# How to be a bad photographer.



## dr croubie (Oct 9, 2013)

http://edition.cnn.com/interactive/2013/10/world/how-to-be-a-photographer/index.html?hpt=hp_c4


----------



## Sella174 (Oct 9, 2013)

Spot on each time!


----------



## Rienzphotoz (Oct 9, 2013)

dr croubie said:


> http://edition.cnn.com/interactive/2013/10/world/how-to-be-a-photographer/index.html?hpt=hp_c4


Thanks for sharing ... but I lost my interest the moment I saw the tiny font size and the bad layout, very unfriendly webpage for reading.


----------



## Marsu42 (Oct 9, 2013)

dr croubie said:


> http://edition.cnn.com/interactive/2013/10/world/how-to-be-a-photographer/index.html?hpt=hp_c4



"GAS (Gear Acquisition Syndrom) - a terrible pathology that affects a lot of amateur photographers" :->


----------



## captainkanji (Oct 9, 2013)

G.A.S. can be bad if you are poor. I don't mind wealthy amateurs buying lots of gear they don't need. Someone needs to fund R&D. It doesn't make them bad photographers. Bad photos make them bad. I'm in the semi-poor camp. I like to drool over the 1DX but it'll never happen . Getting some sweet overtime saving for the 135L. Doh! Feel some gas coming on ;D


----------



## Marsu42 (Oct 9, 2013)

captainkanji said:


> G.A.S. can be bad if you are poor. I don't mind wealthy amateurs buying lots of gear they don't need.
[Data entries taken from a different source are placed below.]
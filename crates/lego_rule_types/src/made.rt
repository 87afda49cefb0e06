//! Terms that are rule types by themselves, or are made from parts.
ghost use Rattle.std.specs.Prelude.{◌≡◌, ◌≤◌, Some, IsSome, IfOk, IfErr};
ghost use Rattle.lego_term.specs.Levels.{fixed_level, variable_level};
ghost use Rattle.lego_term.specs.Trees.{Univ, Pi, Sigma, Fst, Snd, instantiate, loose};
ghost use Rattle.lego_laws.specs.Entries.{Entry, entry_of};
ghost use Rattle.lego_inference.specs.declared.fault.TypeFault.TheVariants.{Memory};
ghost use Rattle.lego_inference.specs.Entries.{laws_entries};
ghost use Rattle.lego_inference.specs.private.Judging.{IsMade};
ghost use Rattle.lego_rule_types.specs.private.Finding.{IsSortOfProduct};

use crate::scope::Setting;
use lego_inference::TypeFault;
use lego_term::{Binder, Level, Node, Term, fst, pi, prop, sigma, subst, univ};
use std::alloc::Global;

/// The type of a constant.
pub(crate) fn constant(setting: &Setting<'_>, number: u32) -> Result<Term, TypeFault>
    requires { IsSome (entry_of (laws_entries setting.now.signature.now) number) }
    ensures ok { IfOk result (λ ty. (e : Entry) × (entry_of (laws_entries setting.now.signature.now) number ≡ Some e) × (ty ≡ e.ty)) }
    ensures err { IfErr result (λ fault. fault ≡ Memory) }
{
    let Some(entry) = setting.signature.find(number) else {
        unreachable!()
    };
    Ok(entry.ty.share()?)
}

/// The type of `Prop`.
pub(crate) fn prop_type(alloc: Global) -> Result<Term, TypeFault>
    ensures ok { IfOk result (λ ty. ty ≡ Univ (fixed_level 0)) }
    ensures err { IfErr result (λ fault. fault ≡ Memory) }
{
    universe(
        alloc,
        Level {
            base: None,
            plus: 0,
        },
    )
}

/// The universe of a node's level variable.
pub(crate) fn own_universe(alloc: Global, node: u32) -> Result<Term, TypeFault>
    ensures ok { IfOk result (λ ty. ty ≡ Univ (variable_level node)) }
    ensures err { IfErr result (λ fault. fault ≡ Memory) }
{
    universe(
        alloc,
        Level {
            base: Some(node),
            plus: 0,
        },
    )
}

/// A universe, which passes no limit.
fn universe(alloc: Global, level: Level) -> Result<Term, TypeFault>
    ensures ok { IfOk result (λ ty. ty ≡ Univ level) }
    ensures err { IfErr result (λ fault. fault ≡ Memory) }
{
    match univ(alloc, level) {
        Ok(ty) => Ok(ty),
        Err(_) => Err(TypeFault::Memory),
    }
}

/// The type of a product whose body's type has this head form: it is a proposition where its body
/// is, and else in the universe of its own level variable.
pub(crate) fn product_type(alloc: Global, body_sort: &Term, node: u32) -> Result<Term, TypeFault>
    ensures ok { IfOk result (IsSortOfProduct body_sort.now node) }
    ensures err { IfErr result (λ fault. fault ≡ Memory) }
{
    match body_sort.view() {
        Node::Prop => match prop(alloc) {
            Ok(ty) => Ok(ty),
            Err(_) => Err(TypeFault::Memory),
        },
        _ => own_universe(alloc, node),
    }
}

/// The body with the value put in.
pub(crate) fn instance(alloc: Global, body: &Term, value: &Term) -> Result<Term, TypeFault>
    requires { loose value.now ≤ 65536 }
    ensures { IsMade (instantiate body.now value.now) result }
{
    let _depth = body.depth();
    Ok(subst(alloc, body, value)?)
}

/// The product of a domain and a body.
pub(crate) fn product(
    alloc: Global,
    binder: Binder,
    domain: &Term,
    body: &Term,
) -> Result<Term, TypeFault>
    ensures { IsMade (Pi binder domain.now body.now) result }
{
    Ok(pi(alloc, binder, domain, body)?)
}

/// The Sigma type of a domain and a body.
pub(crate) fn sigma_former(
    alloc: Global,
    binder: Binder,
    domain: &Term,
    body: &Term,
) -> Result<Term, TypeFault>
    ensures { IsMade (Sigma binder domain.now body.now) result }
{
    Ok(sigma(alloc, binder, domain, body)?)
}

/// The type of the second component of a pair, where the whole term is that component.
pub(crate) fn second_component(
    alloc: Global,
    whole: &Term,
    of: &Term,
    body: &Term,
) -> Result<Term, TypeFault>
    requires whole { whole.now ≡ Snd of.now }
    requires room { loose of.now ≤ 65536 }
    ensures { IsMade (instantiate body.now (Fst of.now)) result }
{
    let _size = whole.size();
    let _depth = whole.depth();
    let Ok(first) = fst(alloc, of) else {
        return Err(TypeFault::Memory);
    };
    instance(alloc, body, &first)
}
Well, being definitely on the rather poor side I do enjoy reading threads about "should I get 2x 5d3 or 1x 1dx?" because it puts my personal GAS back into perspective  Also neither the article or I said that GAS *makes* you bad, just that it often goes along with it to compensate for the lack of skill and/or experience.

I'm absolutely in favor of people buying €6000 1dx or €10000 1dxs so Canon can lower my 6D to €1500 (which is still very expensive for me)... that's why I voted against Magic Lantern hacking the 1dx into a 1dc, rich people should cross-fund r&d and profits when they buy the premium gear, I'll stay 1-2 levels below that.


----------



## Sella174 (Oct 9, 2013)

Marsu42 said:


> ... that's why I voted against Magic Lantern hacking the 1dx into a 1dc, rich people should cross-fund r&d and profits when they buy the premium gear, I'll stay 1-2 levels below that.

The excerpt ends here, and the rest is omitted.